Meysenburg was found guilty and sentenced to three years. The man was shocked limp, and the ring broke. Kratz ran away. He was advised to go, and, like Murrell, he had promises of plenty of money; unlike Murrell, however, Kratz stood on the order of his going. He made the big fellows give him a large sum of cash, and for the fulfillment of their promise of more he waited menacingly in New Orleans. Supplied there with all he demanded, this Council leader stepped across into Mexico, and has gone into business there on a large scale. With Kratz safely away, the ring was nerved up again, and Meysenburg appeared in court with five well-known millionaires to give an appeal bond of $25,000. “I could have got more,” he told the reporters, “but I guess that’s enough.”
With the way to both boodle combines closed thus by the flight of their go-betweens, Mr. Folk might well have been stayed; but he wasn’t. He proceeded with his examination of witnesses, and to loosen their tongues he brought on the trials of Lehmann and Faulkner for perjury. They were well defended, but against them appeared, as against Meysenburg, President Turner, of the Suburban Railway, and Philip Stock, the brewery secretary. The perjurers were found guilty. Meanwhile Mr. Folk was trying through both Washington and Jefferson City to have Murrell and Kratz brought back. These regular channels failing, he applied to his sources of information in Murrell’s (the House) combine, and he soon learned that the fugitive was ill, without money, and unable to communicate with his wife or friends.
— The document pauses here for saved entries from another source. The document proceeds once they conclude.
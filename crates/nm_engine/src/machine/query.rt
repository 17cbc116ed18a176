//! What a machine has counted, and its free frames.

ghost use Rattle.std.specs.Prelude.{Err, IfOk, length, true, ◌<◌, ◌≡◌};
ghost use Rattle.nm_engine.specs.definitions.Does.{AsksLast, Returns};
ghost use Rattle.nm_model.specs.definitions.Sound.{IsSound, each_frame_is_once};
ghost use Rattle.nm_model.specs.definitions.Effect.{list_refusal};
ghost use Rattle.nm_types.specs.State.{free_list};
ghost use Rattle.nm_model.specs.definitions.Touch.{has_free};

use crate::machine::{Machine, Totals};
use nm_types::{Errno, FrameId, MachineError, NodeId};
use std::alloc::{AllocError, Allocator};

impl<A: Allocator + Copy + Send + Sync> Machine<A> {
    /// How many pages have moved and how many requests have failed, as in `/proc/vmstat`. Between two calls a machine
    /// is sound.
    pub fn totals(&self) -> Totals
        ensures moved { result.moved ≡ self.now.moved }
        ensures failed { result.failed ≡ self.now.failed }
        ensures sound { IsSound self.now }
    {
        self.totals
    }

    /// Whether a node has a free frame. False if there is no such node. Does not allocate.
    pub fn has_free(&self, node: NodeId) -> bool
        ensures { result ≡ has_free self.now.free node }
    {
        self.frames.has_free(node)
    }

    /// The free frames of a node, front first. EINVAL if there is no such node. An empty list takes no memory.
    pub fn free_list(&self, node: NodeId) -> Result<Vec<FrameId, A>, MachineError>
        ensures value { Returns result (list_refusal self.now node)
            (λ frames. frames.items ≡ free_list self.now node) }
        ensures memory { AsksLast result (list_refusal self.now node) }
        ensures allocates { result ≡ Err MachineError.HostMemory → 0 < length (free_list self.now node) }
    {
        if node.index() >= self.frames.geometry().node_count() {
            return Err(MachineError::Refused(Errno::Einval));
        }
        Ok(self.frames.free_list(self.alloc, node)?)
    }

    /// Whether each frame of the machine is in exactly one place: once in its own node's free list, or the frame of one
    /// page. True, since a machine is sound. An error means that the host is out of memory.
    pub fn audit(&self) -> Result<bool, AllocError>
        ensures frames { IfOk result (λ b. b ≡ each_frame_is_once self.now) }
        ensures sound { IfOk result (λ b. b ≡ true) }
    {
        let places = self.spaces.areas().frames()?;
        let once = self.frames.audit(self.alloc, places.as_slice())?;
        Ok(once)
    }
}
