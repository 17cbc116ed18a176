//! Adding, splitting and removing areas.

ghost use Rattle.std.specs.Prelude.{Err, IfOk, OnErr, OnOk, false, length, map, true, ◌+◌, ◌/◌, ◌<◌, ◌≡◌, ◌⊎◌};
ghost use Rattle.nm_model.specs.definitions.AreaRefusal.{overlaps};
ghost use Rattle.std.specs.List.{list_any};
ghost use Rattle.nm_engine.specs.definitions.Does.{AsksLast, Makes};
ghost use Rattle.nm_model.specs.definitions.Effect.{attach, attach_refusal, drop_range, is_unknown, map_new, map_refusal, policy_refusal, set_policy, set_range_policy, shows_pinned, unmap, unmap_refusal};
ghost use Rattle.nm_areas.specs.Splits.{HasSplit};
ghost use Rattle.nm_model.specs.definitions.Areas.{page_count};
ghost use Rattle.nm_pool.specs.views.Frames.{CanFree, pool_of, with_freed};
ghost use Rattle.nm_runs.specs.Targets.{Checks};

use crate::machine::Machine;
use nm_areas::PageRange;
use nm_pool::FramePool;
use nm_types::{Errno, FrameId, MachineError, Page, Pid, Policy};
use std::alloc::{AllocError, Allocator};

impl<A: Allocator + Copy + Send + Sync> Machine<A> {
    /// Makes a segment of `pages` pages, private or shared, and an area of the process over all of it from address
    /// `addr` on, with the default policy (mmap(2)). Returns the segment's number, which no other segment ever gets.
    ///
    /// Errors, in order: ESRCH if there is no such process; EINVAL if the address is not a multiple of 4,096, `pages`
    /// is 0, the end is past 2^47, or an area of the process is in the way; ENOMEM if 65,536 segments have been made. A
    /// refused call uses up no number.
    pub fn map(
        &mut self,
        pid: Pid,
        addr: u64,
        pages: u64,
        shared: bool,
    ) -> Result<u32, MachineError>
        ensures done { Makes result self.old self.new (map_refusal self.old pid addr pages)
            (map_new self.old pid addr pages shared) }
        ensures memory { AsksLast result (map_refusal self.old pid addr pages) }
        ensures number { IfOk result (λ number. number ≡ self.old.next_segment) }
    {
        if self.spaces.info(pid).is_none() {
            return Err(MachineError::Refused(Errno::Esrch));
        }
        Ok(self.spaces.map(pid, addr, pages, shared)?)
    }

    /// Makes an area of the process from address `addr` on, over `pages` pages of a shared segment from `offset` on, in
    /// pages, with the default policy (mmap(2), MAP_SHARED).
    ///
    /// Errors, in order: ESRCH if there is no such process; EINVAL as for `map`, or if the segment does not exist, is
    /// private, or ends before the area would.
    pub fn attach(
        &mut self,
        pid: Pid,
        addr: u64,
        segment: u64,
        offset: u64,
        pages: u64,
    ) -> Result<(), MachineError>
        ensures done { Makes result self.old self.new
            (attach_refusal self.old pid addr segment offset pages)
            (attach self.old pid addr segment offset pages) }
        ensures memory { AsksLast result (attach_refusal self.old pid addr segment offset pages) }
    {
        if self.spaces.info(pid).is_none() {
            return Err(MachineError::Refused(Errno::Esrch));
        }
        Ok(self.spaces.attach(pid, addr, segment, offset, pages)?)
    }

    /// Unmaps `pages` pages of a process from address `addr` on; the range may have holes (munmap(2)). The process
    /// loses what it sees there, and the parts of its areas there. Pages that no area of any process covers lose their
    /// frames, which become free in address order, each page at its lowest address.
    ///
    /// Errors, in order: ESRCH if there is no such process; EINVAL if the address is not a multiple of 4,096, `pages`
    /// is 0, or the end is past 2^47; EBUSY if an area of the process shows a page with a pin there. Allocates only if
    /// an area of the process is in the range, and only if it is split there or a page has a frame.
    pub fn unmap(&mut self, pid: Pid, addr: u64, pages: u64) -> Result<(), MachineError>
        ensures done { Makes result self.old self.new (unmap_refusal self.old pid addr pages)
            (unmap self.old pid addr pages) }
        ensures memory { AsksLast result (unmap_refusal self.old pid addr pages) }
        ensures allocates { result ≡ Err MachineError.HostMemory →
            list_any (overlaps pid (addr / 4096) (addr / 4096 + pages)) self.old.areas ≡ true }
        ensures needed { result ≡ Err MachineError.HostMemory →
            (0 < length self.old.place)
            ⊎ HasSplit self.old.areas pid (addr / 4096)
            ⊎ HasSplit self.old.areas pid (addr / 4096 + pages) }
    {
        if self.spaces.info(pid).is_none() {
            return Err(MachineError::Refused(Errno::Esrch));
        }
        let Some(range) = PageRange::of_pages(addr, pages) else {
            return Err(MachineError::Refused(Errno::Einval));
        };
        let PageRange { first, end } = range;
        if self.shows_pinned(pid, first, end) {
            return Err(MachineError::Refused(Errno::Ebusy));
        }
        Ok(self.let_go(pid, range)?)
    }

    /// Unmaps a range of one or more page numbers of a process, none of which may show a page with a pin. The frames of
    /// pages that no area covers become free, in address order.
    pub(crate) fn let_go(&mut self, pid: Pid, range: PageRange) -> Result<(), AllocError>
        requires known { is_unknown self.old pid ≡ false }
        requires some { range.first < range.end }
        requires unpinned { shows_pinned self.old.areas self.old.pins pid range.first range.end
            ≡ false }

        // On success
        ensures ok { OnOk result (self.new ≡ drop_range self.old pid range.first range.end) }

        // Without memory
        ensures err { OnErr result (self.new ≡ self.old) }
        ensures allocates { OnErr result
            (list_any (overlaps pid range.first range.end) self.old.areas ≡ true) }
        ensures needed { OnErr result
            ((0 < length self.old.place)
            ⊎ HasSplit self.old.areas pid range.first
            ⊎ HasSplit self.old.areas pid range.end) }
    {
        let freed = self.spaces.remove(pid, range)?;
        free_each(&mut self.frames, freed.as_slice());
        Ok(())
    }

    /// The page numbers of the `len` bytes from address `addr` on, rounded up to whole pages, whose policy `set_policy`
    /// would set. If it would refuse, returns the same error. Does not allocate.
    ///
    /// Errors, in order: ESRCH if there is no such process; EINVAL if the address is not a multiple of 4,096, or the
    /// range ends past 2^64 - 1; EFAULT if a page of the range has no area. A `len` of 0 that is not refused is an empty
    /// range.
    pub fn check_policy(&self, pid: Pid, addr: u64, len: u64) -> Result<PageRange, Errno>
        // In any case
        ensures exact { Checks result (policy_refusal self.now pid addr len) }

        // On success
        ensures range { IfOk result
            (λ range. (range.first ≡ addr / 4096) × (range.end ≡ addr / 4096 + page_count len)) }
    {
        if self.spaces.info(pid).is_none() {
            return Err(Errno::Esrch);
        }
        self.spaces.areas().check_policy(pid, addr, len)
    }

    /// Sets where new pages are placed in the `len` bytes from address `addr` on, rounded up to whole pages, as mbind(2)
    /// does. The process's areas are split at both ends of the range, and never merged; no page moves.
    ///
    /// Errors, in order: those of `check_policy`; `HostMemory`, only where an area is split. An error means that nothing
    /// has changed.
    pub fn set_policy(
        &mut self,
        pid: Pid,
        addr: u64,
        len: u64,
        policy: Policy,
    ) -> Result<(), MachineError>
        ensures done { Makes result self.old self.new (policy_refusal self.old pid addr len)
            (set_policy self.old pid addr len policy) }
        ensures memory { AsksLast result (policy_refusal self.old pid addr len) }
        ensures some { result ≡ Err MachineError.HostMemory → 0 < len }
        ensures allocates { result ≡ Err MachineError.HostMemory →
            HasSplit self.old.areas pid (addr / 4096)
            ⊎ HasSplit self.old.areas pid (addr / 4096 + page_count len) }
    {
        if self.spaces.info(pid).is_none() {
            return Err(MachineError::Refused(Errno::Esrch));
        }
        self.spaces.set_policy(pid, addr, len, policy)
    }

    /// Sets where new pages are placed in a range of page numbers of a process, as `set_policy` does. An empty range
    /// changes nothing.
    ///
    /// An error means that nothing has changed. Allocates only where an area is split.
    pub fn set_range_policy(
        &mut self,
        pid: Pid,
        range: PageRange,
        policy: Policy,
    ) -> Result<(), AllocError>
        // On success
        ensures ok { OnOk result
            (self.new ≡ set_range_policy self.old pid range.first range.end policy) }

        // Without memory
        ensures err { OnErr result (self.new ≡ self.old) }
        ensures some { OnErr result (range.first < range.end) }
        ensures allocates { OnErr result
            (HasSplit self.old.areas pid range.first ⊎ HasSplit self.old.areas pid range.end) }
    {
        self.spaces.set_range_policy(pid, range, policy)
    }
}

/// Frees the frames of pages, in order, each at the end of its own node's list.
fn free_each<A: Allocator + Copy>(frames: &mut FramePool<A>, freed: &[(Page, FrameId)])
    requires { CanFree (pool_of frames.old) (map (λ f. f.1) freed.now) }
    ensures { frames.new
        ≡ record (frames.old) {
          free = (with_freed (pool_of frames.old)
              (map (λ f. f.1) freed.now)).lists;
        } }
{
    for (_, frame) in freed {
        frames.free(*frame);
    }
}
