//! Putting nodes online and taking them offline, and the pages on them.

ghost use Rattle.std.specs.Prelude.{All, IfOk, OnErr, if◌then◌else◌, length, ◌<◌, ◌==◌, ◌≡◌, ◌≤◌};
ghost use Rattle.nm_types.specs.Layout.{frame_count, node_count, node_of};
ghost use Rattle.std.specs.BTreeSet.{insert_key};
ghost use Rattle.std.specs.List.{filter};
ghost use Rattle.std.specs.Map.{keys_of};
ghost use Rattle.std.specs.Ordering.{nat_cmp};
ghost use Rattle.nm_model.specs.definitions.Effect.{set_online};
ghost use Rattle.nm_model.specs.definitions.Seen.{placed_on};
ghost use Rattle.nm_types.specs.Nodes.{IsNodeSet, without_node};

use crate::machine::Machine;
use nm_types::{FrameId, Geometry, NodeId, NodeMask, Page};
use std::alloc::{AllocError, Allocator};

impl<A: Allocator + Copy + Send + Sync> Machine<A> {
    /// Puts a node of the machine online or takes it offline, whatever it was before. Pages stay where they are, and so
    /// do free frames. Does not allocate.
    pub fn set_online(&mut self, node: NodeId, online: bool)
        requires { node < node_count self.old.layout }
        ensures { self.new ≡ set_online self.old node online }
    {
        prove!(self.frames.geometry().node_count() <= 64);
        self.online = with_or_without(self.online, node, online);
    }

    /// The pages on a node, by segment and index: at most 16,384. Empty if there is no such node. An error means that
    /// the host is out of memory, and there is a page that has a frame.
    pub fn pages_on(&self, node: NodeId) -> Result<Vec<Page, A>, AllocError>
        ensures list { IfOk result (λ pages. pages.items ≡ placed_on self.now node) }
        ensures few { IfOk result (λ pages. length pages.items ≤ 16384) }
        ensures allocates { OnErr result (0 < length self.now.place) }
    {
        let placed = self.spaces.areas().placed()?;
        let geometry = self.frames.geometry();
        prove!(geometry.node_count() <= 64);
        let pages = pages_among(self.alloc, geometry, placed.as_slice(), node)?;
        Ok(pages)
    }
}

/// A set with this node, or without it.
fn with_or_without(nodes: NodeMask, node: NodeId, is_in: bool) -> NodeMask
    requires { node < 64 }
    ensures nodes { result
        ≡ (if is_in then insert_key nat_cmp nodes node else without_node nodes node) }
    ensures set { IsNodeSet result }
{
    let mut changed = nodes;
    if is_in {
        changed.insert(node);
    } else {
        changed.remove(node);
    }
    prove!(changed.len() <= 64);
    changed
}

/// The pages on a node, from a list of pages with their frames.
fn pages_among<A: Allocator + Copy>(
    alloc: A,
    geometry: &Geometry<A>,
    placed: &[(Page, FrameId)],
    node: NodeId,
) -> Result<Vec<Page, A>, AllocError>
    requires { All (λ e. e.1 < frame_count geometry.now) placed.now }
    ensures pages { IfOk result
        (λ pages. pages.items ≡ keys_of (filter (λ e. node_of geometry.now e.1 == node) placed.now)) }
    ensures allocates { OnErr result (0 < length placed.now) }
{
    let mut pages = Vec::new(alloc);
    for (page, frame) in placed {
        if geometry.node_of(*frame) == node {
            pages.push(*page)?;
        }
    }
    Ok(pages)
}
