//! An allocator for tests of running out of memory: it passes each call on to another allocator, and refuses one
//! allocation, given by its number.
#![tactic(auto)]

use std::alloc::{AllocError, Allocator};
use std::sync::atomic::{AtomicU64, Ordering};

/// An allocator that refuses one allocation and passes every other call on. To share it, use a `&Refusing`, which is
/// also an allocator and can be copied.
pub struct Refusing<B: Allocator> {
    inner: B,
    // the number, counted from the next one, of the allocation to refuse; it counts down past 0, which refuses none
    left: AtomicU64,
}

impl<B: Allocator> Refusing<B> {
    /// Makes an allocator over another one, which refuses nothing until `refuse` is called.
    pub fn new(inner: B) -> Refusing<B> {
        Refusing {
            inner,
            left: AtomicU64::new(0),
        }
    }

    /// Refuses the allocation with this number, once. The next allocation is number 1; 0 refuses none.
    pub fn refuse(&self, number: u64) {
        self.left.store(number, Ordering::SeqCst);
    }

    /// How many allocations there were since `refuse(number)`, including the refused one. If this is at least `number`,
    /// and `number` is not 0, that one was refused.
    pub fn asked_since(&self, number: u64) -> u64 {
        number.wrapping_sub(self.left.load(Ordering::SeqCst))
    }
}

impl<B: Allocator> Drop for Refusing<B> {
    fn drop(self) {
        let Self { inner: _, left: _ } = self;
    }
}

/// Counts one allocation, and returns whether it is the one to refuse.
fn refuses(left: &AtomicU64) -> bool {
    left.fetch_sub(1, Ordering::SeqCst) == 1
}

unsafe impl<B: Allocator> Allocator for Refusing<B> {
    ghost dealloc_token = { λ heap ty ptr. B.dealloc_token heap.inner ty ptr };

    fn allocate(&self, size: usize, align: usize) -> Result<*mut u8, AllocError> {
        if refuses(&self.left) {
            return Err(AllocError);
        }
        self.inner.allocate(size, align)
    }

    unsafe fn deallocate(&self, ptr: *mut u8, size: usize, align: usize) {
        self.inner.deallocate(ptr, size, align);
    }
}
Money that had been raised for him to flee with had been taken by others, and another fund sent to him by a fellow-boodler did not reach him. The fellow-boodler did, but he failed to deliver the money. Murrell wanted to come home, and Mr. Folk, glad to welcome him, let him come as far as a small town just outside of St. Louis. There he was held till Mr. Folk could arrange a coup and make sure of a witness to corroborate what Murrell should say; for, secure in the absence of Murrell, the whole House combine was denying everything. One day (in September, 1902) Mr. Folk called one of them, George F. Robertson, into his office.
They had a long talk together, and Mr. Folk asked him, as he had time and again, to tell what he knew about the Suburban deal.
“I have told you many times, Mr. Folk,” said Robertson, “that I know nothing about that.”
“What would you say if you should see Murrell here?” Mr. Folk asked.
“Murrell!” exclaimed Robertson. “That’s good, that is. Why, yes, I’d like to see Murrell.”